The job of an active manager is to identify alpha opportunities — situations where the manager believes the market price of a stock is incorrect. But it is not enough to simply decide what you think a stock is worth and then compare it to the market price, as if that price is just an exogenous number. The market price contains information. Part of the process of deciding that the market price is incorrect has to involve figuring out what assumptions the market is making about the three key variables — the company’s free cash flow, its growth rate and its cost of capital — that drive the fundamental value of the business. Without that analysis, you are not making an informed judgement.

Too often, investors do not perform this kind of analysis. Rather, they rely on valuation metrics like the P/E ratio or the PEG ratio, treating them as if they are fundamental characteristics of a stock in their own right. But as we have shown, without an understanding of how a company’s ROIC is driving the trade-off between its free cash flow and its growth rate, those ratios can be worse than useless. They are simply not a reliable guide to valuation on their own. In many situations, investors use P/E or PEG ratios in a way that implicitly assumes a static world, where past relationships are a reliable guide to the future. But the world is dynamic; relationships change constantly. P/E ratios can be the harbingers of that change, if we are alert to the information they carry.

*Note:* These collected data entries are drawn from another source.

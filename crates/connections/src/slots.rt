//! One place: what happens to the connection there, if there is one, in each part of a round.

ghost use Rattle.std.specs.Prelude.{◌≡◌, ◌≢◌, ◌⊎◌, ◌+◌, ◌-◌, ◌^◌, ◌<◌, ◌≤◌, ℕ, [], true, false, Option, None, Some, IfOk, IfErr};
ghost use Rattle.connections.specs.Rounds.{InRound, IsUnread, offers, was_busy};
ghost use Rattle.connections.specs.Fairness.{IsAttended, IsNotDue, IsServed};
ghost use Rattle.connections.specs.Fitting.{Adds, Has, HasTried, Fits, IsKnownBusy, Judged, KeepsTalk, Knows, KnowsPauseAt, ServesPlace, Stays, came_by};
ghost use Rattle.connections.specs.Histories.{Course, History, Hearing, IfThere, Telling, clock, course, rested, stage, stopped};
ghost use Rattle.connections.specs.Pauses.{until_due};
ghost use Rattle.connections.specs.Soundness.{Here, MayBeClosed};
ghost use Rattle.connections.specs.Telling.{lost_by};

use crate::connections::Connections;
use crate::ending::ending_of;
use crate::talk::Talk;
use crate::{Ending, Sessions};
use std::alloc::Global;
use textio::PIECE_SIZE;

/// What was done in a round.
#[derive(Clone, Copy, Debug, PartialEq, Eq)]
pub(crate) struct Work {
    /// Whether anything was done, so that the next round does not wait.
    pub(crate) is_busy: bool,
    /// Otherwise, how many milliseconds it waits at most.
    pub(crate) pause: u64,
    /// How many connections were closed for want of memory.
    pub(crate) wanting: u64,
}

/// What a round goes by. Times are in milliseconds.
#[derive(Clone, Copy, Debug, PartialEq, Eq)]
pub(crate) struct Round {
    /// When it began.
    pub(crate) now: u64,
    /// For how long a connection may be idle; 0 for ever.
    pub(crate) idle: u64,
    /// When a stop was ordered, if one was.
    pub(crate) stopped: Option<u64>,
    /// Whether what was answered is on its disk, so that it may leave.
    pub(crate) is_synced: bool,
}

impl Work {
    pub(crate) fn new(pause: u64) -> Self
        ensures none { (result.wanting ≡ 0) × (result.is_busy ≡ false) }
        ensures pause { result.pause ≡ pause }
    {
        Work {
            is_busy: false,
            pause,
            wanting: 0,
        }
    }

    /// A connection was closed, so its place is free for another.
    fn close(&mut self, why: Ending)
        requires { self.old.wanting < 2 ^ 64 - 1 }
        ensures wanting { self.new.wanting ≡ self.old.wanting + lost_by why }
        ensures busy { (self.new.is_busy ≡ true) × (self.new.pause ≡ self.old.pause) }
    {
        self.is_busy = true;
        if why == Ending::Memory {
            self.wanting += 1;
        }
    }
}

/// Ends the session of a connection, and closes it.
fn close<S: Sessions, C: Connections<S>>(
    sessions: &mut S,
    connections: &mut C,
    place: usize,
    why: Ending,
)
    ensures { (idle : ℕ) (start : S) (acts : History) → Has S.opens S.refuses S.hears S.misses S.ends C.has idle start connections.old sessions.old acts
        → Here (course acts place) (λ of. (of.is_open ≡ true) × MayBeClosed idle acts place why of)
        → (after : History) × Stays place 0 0 (lost_by why) acts after × Has S.opens S.refuses S.hears S.misses S.ends C.has idle start connections.new sessions.new after × (course after place ≡ None) × (was_busy after ≡ true) }
{
    sessions.end(place);
    connections.close(sessions, place, why);
}

/// A round is over now, so the connection at a place is idle from now on, unless it was so before.
pub(crate) fn rest_at(slot: &mut Option<Talk>, now: u64)
    ensures { (there : Option Course) → Fits slot.old there → Fits slot.new (rested now there) }
{
    if let Some(talk) = slot {
        talk.rest(now);
    }
}

/// Takes the next connection into a free place, if one waits, and says whether one did. If its session
/// cannot be opened, it is closed.
pub(crate) fn take_at<S: Sessions, C: Connections<S>>(
    alloc: Global,
    slot: &mut Option<Talk>,
    sessions: &mut S,
    connections: &mut C,
    place: usize,
    round: Round,
    work: &mut Work,
) -> bool
    requires free { slot.old ≡ None }
    requires goes_on { round.stopped ≡ None }
    requires few { work.old.wanting < 2 ^ 64 - 1 }
    ensures serves { ServesPlace S.opens S.refuses S.hears S.misses S.ends C.has Hearing round.idle round.now round.stopped place (came_by result) work.old.wanting work.new.wanting (λ before. IsUnread place before × IsKnownBusy work.old.is_busy before) (λ after. HasTried result place after × IsUnread place after × IsKnownBusy work.new.is_busy after) connections.old sessions.old slot.old connections.new sessions.new slot.new }
    ensures few { work.new.wanting ≤ work.old.wanting + 1 }
    ensures pause { work.new.pause ≡ work.old.pause }
{
    if !connections.take(place) {
        return false;
    }
    work.is_busy = true;
    match sessions.open(place) {
        Ok(()) => {
            *slot = Some(Talk::new(alloc));
            true
        }
        Err(fault) => {
            let ending = ending_of(fault);
            work.close(ending);
            connections.close(sessions, place, ending);
            true
        }
    }
}

/// Reads and hears the connection at a place.
pub(crate) fn hear_at<S: Sessions, C: Connections<S>>(
    alloc: Global,
    slot: &mut Option<Talk>,
    sessions: &mut S,
    connections: &mut C,
    place: usize,
    round: Round,
    room: &mut [u8; PIECE_SIZE],
    work: &mut Work,
)
    requires goes_on { round.stopped ≡ None }
    requires few { work.old.wanting < 2 ^ 64 - 1 }
    ensures serves { ServesPlace S.opens S.refuses S.hears S.misses S.ends C.has Hearing round.idle round.now round.stopped place 0 work.old.wanting work.new.wanting (λ before. IsUnread place before × IsKnownBusy work.old.is_busy before) (λ after. IfThere (course after place) (IsAttended after place) × IsKnownBusy work.new.is_busy after) connections.old sessions.old slot.old connections.new sessions.new slot.new }
    ensures few { work.new.wanting ≤ work.old.wanting + 1 }
    ensures pause { work.new.pause ≡ work.old.pause }
{
    let Some(talk) = slot else {
        return;
    };
    match talk.attend(alloc, sessions, connections, place, room) {
        Ok(has_done) => work.is_busy = work.is_busy || has_done,
        Err(why) => {
            work.close(why);
            close(sessions, connections, place, why);
            *slot = None;
        }
    }
}

/// Tells the connection at a place, and closes it if it is time.
pub(crate) fn tell_at<S: Sessions, C: Connections<S>>(
    alloc: Global,
    slot: &mut Option<Talk>,
    sessions: &mut S,
    connections: &mut C,
    place: usize,
    round: Round,
    work: &mut Work,
)
    ensures { ServesPlace S.opens S.refuses S.hears S.misses S.ends C.has (Telling round.is_synced) round.idle round.now round.stopped place 0 work.old.wanting work.new.wanting (IsKnownBusy work.old.is_busy) (λ after. IfThere (course after place) (IsServed round.idle after place) × KnowsPauseAt round.idle place work.old.is_busy work.old.pause work.new.is_busy work.new.pause after) connections.old sessions.old slot.old connections.new sessions.new slot.new }
{
    let Some(talk) = slot else {
        return;
    };
    match tell(alloc, talk, connections, place, round, work) {
        Ok(()) => {}
        Err(why) => {
            work.is_busy = true;
            close(sessions, connections, place, why);
            *slot = None; // The place is free.
        }
    }
}

/// Tells a connection, and says why it is to be closed, if it is.
fn tell<S: Sessions, C: Connections<S>>(
    alloc: Global,
    talk: &mut Talk,
    connections: &mut C,
    place: usize,
    round: Round,
    work: &mut Work,
) -> Result<(), Ending>
    ensures happens { (acts : History) → Knows C.has round.idle connections.old acts → stage acts ≡ Telling round.is_synced → clock acts ≡ round.now → stopped acts ≡ round.stopped
        → Here (course acts place) (KeepsTalk talk.old)
        → (after : History) × Adds place acts after × Knows C.has round.idle connections.new after × Judged round.idle after place result talk.new
        × IfOk result (λ _. Here (course after place) (IsServed round.idle after place) × (IsKnownBusy work.old.is_busy acts → IsKnownBusy work.new.is_busy after)) }
    ensures other { IfErr result (λ why. lost_by why ≡ 0) }
    ensures same { work.new.wanting ≡ work.old.wanting }
    ensures pause { IfOk result (λ _. work.new.pause ≡ until_due round.now round.idle round.stopped talk.new.idle_since work.old.pause) }
    ensures busy { work.new.is_busy ≡ false → work.old.is_busy ≡ false }
{
    if talk.tell(alloc, connections, place, round.now, round.is_synced)? {
        work.is_busy = true;
    }
    work.pause = judge(talk, round, work.pause)?;
    Ok(())
}

/// For how many milliseconds a connection may stay as it is, or why it is closed now.
fn judge(talk: &Talk, round: Round, most: u64) -> Result<u64, Ending>
    ensures due { (acts : History) (place : ℕ) → clock acts ≡ round.now → stopped acts ≡ round.stopped → (stage acts ≡ Telling false → talk.now.output.items ≡ [])
        → stage acts ≢ Hearing → (talk.now.output.items ≡ []) ⊎ InRound offers acts place → Here (course acts place) (KeepsTalk talk.now)
        → Judged round.idle acts place result talk.now × IfOk result (λ _. Here (course acts place) (IsNotDue round.idle acts)) }
    ensures left { IfOk result (λ left. left ≡ until_due round.now round.idle round.stopped talk.now.idle_since most) }
    ensures other { IfErr result (λ why. lost_by why ≡ 0) }
{
    talk.patience(round.now, round.idle, round.stopped, most)
}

Rather than making assumptions about how the P/E will change based on historical averages, the job of an investor is to figure out what assumptions the current P/E is signaling, and then to make a judgement about whether those assumptions are likely to prove true. Put another way, the more convincing investment thesis is not “Company X is attractive because its P/E is below its long-term average,” but rather (for example) “Company X is attractive because the current P/E underestimates the improvement in ROIC that the company will achieve.”

P/E ratios are the most widely used valuation metric in the investment world, but they are also the most widely misused. In truth, most people use them in a way that renders them meaningless. Properly understood and properly used, though, the P/E ratio can be a valuable tool for deciphering the coded information that every stock price contains.